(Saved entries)
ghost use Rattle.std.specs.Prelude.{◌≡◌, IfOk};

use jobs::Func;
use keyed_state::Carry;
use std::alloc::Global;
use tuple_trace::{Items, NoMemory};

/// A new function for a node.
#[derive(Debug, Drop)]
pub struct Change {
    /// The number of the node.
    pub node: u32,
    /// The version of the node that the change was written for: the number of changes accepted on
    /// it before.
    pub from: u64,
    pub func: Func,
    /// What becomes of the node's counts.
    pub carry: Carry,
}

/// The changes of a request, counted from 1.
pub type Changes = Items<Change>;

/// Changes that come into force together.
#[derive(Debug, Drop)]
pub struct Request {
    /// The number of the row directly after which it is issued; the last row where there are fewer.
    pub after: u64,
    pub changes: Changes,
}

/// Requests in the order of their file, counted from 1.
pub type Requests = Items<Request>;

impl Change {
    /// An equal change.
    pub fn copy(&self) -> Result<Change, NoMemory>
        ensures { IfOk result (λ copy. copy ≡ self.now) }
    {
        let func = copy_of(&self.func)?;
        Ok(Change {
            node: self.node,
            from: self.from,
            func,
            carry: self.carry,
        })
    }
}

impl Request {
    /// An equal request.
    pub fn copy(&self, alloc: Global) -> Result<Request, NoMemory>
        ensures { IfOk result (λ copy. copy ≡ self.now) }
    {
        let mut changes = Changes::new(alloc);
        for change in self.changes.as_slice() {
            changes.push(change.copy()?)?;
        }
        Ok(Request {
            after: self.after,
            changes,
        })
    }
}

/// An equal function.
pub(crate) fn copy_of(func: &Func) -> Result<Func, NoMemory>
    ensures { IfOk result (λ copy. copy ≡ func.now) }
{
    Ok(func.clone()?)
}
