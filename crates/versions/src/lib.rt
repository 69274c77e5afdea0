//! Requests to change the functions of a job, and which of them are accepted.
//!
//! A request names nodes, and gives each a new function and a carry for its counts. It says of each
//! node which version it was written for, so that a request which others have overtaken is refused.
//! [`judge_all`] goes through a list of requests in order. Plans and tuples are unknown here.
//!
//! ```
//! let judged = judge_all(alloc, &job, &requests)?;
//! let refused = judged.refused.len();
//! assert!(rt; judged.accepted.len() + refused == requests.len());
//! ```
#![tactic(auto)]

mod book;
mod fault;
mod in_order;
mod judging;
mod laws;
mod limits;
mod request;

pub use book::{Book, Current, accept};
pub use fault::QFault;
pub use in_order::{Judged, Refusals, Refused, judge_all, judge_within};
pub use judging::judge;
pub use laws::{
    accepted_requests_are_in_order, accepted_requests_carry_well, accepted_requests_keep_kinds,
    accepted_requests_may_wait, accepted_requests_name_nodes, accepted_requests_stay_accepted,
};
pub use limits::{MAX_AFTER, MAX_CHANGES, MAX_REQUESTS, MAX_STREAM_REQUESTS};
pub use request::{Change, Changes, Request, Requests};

TASK OBJECTIVE -> Filter the data for the string "Global" and copy every line that has it.

SOLUTION TO THIS PROBLEM ->
use std::alloc::Global;
    pub fn copy(&self, alloc: Global) -> Result<Request, NoMemory>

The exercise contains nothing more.